[WORK REQUEST]:
Somewhere below, one line contains "ideal is the" and a later line contains "RadicalHolds F.field F.valuation". Output those two lines and everything between them exactly, and nothing else.

● ● ● ● ● ● ●

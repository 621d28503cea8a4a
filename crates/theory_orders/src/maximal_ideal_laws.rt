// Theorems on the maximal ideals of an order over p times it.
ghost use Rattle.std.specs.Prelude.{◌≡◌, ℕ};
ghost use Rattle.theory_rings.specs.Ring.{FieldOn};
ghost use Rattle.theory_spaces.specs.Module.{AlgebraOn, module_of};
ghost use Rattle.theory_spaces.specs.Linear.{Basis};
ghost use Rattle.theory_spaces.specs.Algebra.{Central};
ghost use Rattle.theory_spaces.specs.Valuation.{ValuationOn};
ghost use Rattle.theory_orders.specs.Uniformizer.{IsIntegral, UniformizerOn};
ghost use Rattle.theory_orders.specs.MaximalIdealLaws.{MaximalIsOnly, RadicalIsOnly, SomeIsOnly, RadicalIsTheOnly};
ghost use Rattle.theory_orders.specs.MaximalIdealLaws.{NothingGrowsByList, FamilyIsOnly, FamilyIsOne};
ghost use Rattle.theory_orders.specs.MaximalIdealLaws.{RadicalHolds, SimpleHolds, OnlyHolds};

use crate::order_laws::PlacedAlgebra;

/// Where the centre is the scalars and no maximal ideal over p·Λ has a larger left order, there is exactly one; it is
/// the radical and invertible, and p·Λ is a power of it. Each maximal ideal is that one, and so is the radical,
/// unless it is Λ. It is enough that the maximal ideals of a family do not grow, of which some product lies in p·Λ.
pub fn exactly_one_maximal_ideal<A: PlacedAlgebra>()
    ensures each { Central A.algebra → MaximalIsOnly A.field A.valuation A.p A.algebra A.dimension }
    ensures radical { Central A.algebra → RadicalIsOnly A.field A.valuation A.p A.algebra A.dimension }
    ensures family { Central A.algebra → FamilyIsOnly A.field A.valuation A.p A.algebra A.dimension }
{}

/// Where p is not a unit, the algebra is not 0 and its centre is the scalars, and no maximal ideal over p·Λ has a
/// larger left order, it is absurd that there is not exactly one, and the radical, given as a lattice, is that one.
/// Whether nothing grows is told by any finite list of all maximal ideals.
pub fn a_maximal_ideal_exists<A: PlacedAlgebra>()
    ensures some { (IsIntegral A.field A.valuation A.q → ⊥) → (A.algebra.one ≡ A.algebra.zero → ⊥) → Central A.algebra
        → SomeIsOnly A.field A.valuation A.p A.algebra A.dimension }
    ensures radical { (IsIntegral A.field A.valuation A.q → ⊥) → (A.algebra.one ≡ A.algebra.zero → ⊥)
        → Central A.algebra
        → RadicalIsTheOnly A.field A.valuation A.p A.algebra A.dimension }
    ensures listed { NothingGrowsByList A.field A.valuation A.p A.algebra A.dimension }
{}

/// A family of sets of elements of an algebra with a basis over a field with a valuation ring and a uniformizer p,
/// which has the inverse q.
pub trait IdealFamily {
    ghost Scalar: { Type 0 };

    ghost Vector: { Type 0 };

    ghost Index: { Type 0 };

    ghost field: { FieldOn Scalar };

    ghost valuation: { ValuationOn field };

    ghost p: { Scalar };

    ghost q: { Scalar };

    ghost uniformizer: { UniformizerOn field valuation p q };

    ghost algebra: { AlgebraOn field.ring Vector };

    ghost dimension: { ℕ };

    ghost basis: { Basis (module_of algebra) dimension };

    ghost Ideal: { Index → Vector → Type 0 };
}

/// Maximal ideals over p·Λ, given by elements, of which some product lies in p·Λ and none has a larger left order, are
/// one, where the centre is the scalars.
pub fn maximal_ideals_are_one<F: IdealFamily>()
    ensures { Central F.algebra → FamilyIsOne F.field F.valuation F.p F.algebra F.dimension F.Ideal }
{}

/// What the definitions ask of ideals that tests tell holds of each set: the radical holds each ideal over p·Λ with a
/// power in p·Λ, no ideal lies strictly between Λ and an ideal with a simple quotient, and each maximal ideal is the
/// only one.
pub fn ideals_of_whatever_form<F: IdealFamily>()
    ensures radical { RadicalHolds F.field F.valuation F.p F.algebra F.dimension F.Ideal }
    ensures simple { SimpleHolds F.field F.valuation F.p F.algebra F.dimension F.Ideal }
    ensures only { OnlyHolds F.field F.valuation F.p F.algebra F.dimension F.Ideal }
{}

● ● ● ● ● ● ●

[RESPONSE TO THIS EXERCISE]:
/// power in p·Λ, no ideal lies strictly between Λ and an ideal with a simple quotient, and each maximal ideal is the
/// only one.
pub fn ideals_of_whatever_form<F: IdealFamily>()
    ensures radical { RadicalHolds F.field F.valuation F.p F.algebra F.dimension F.Ideal }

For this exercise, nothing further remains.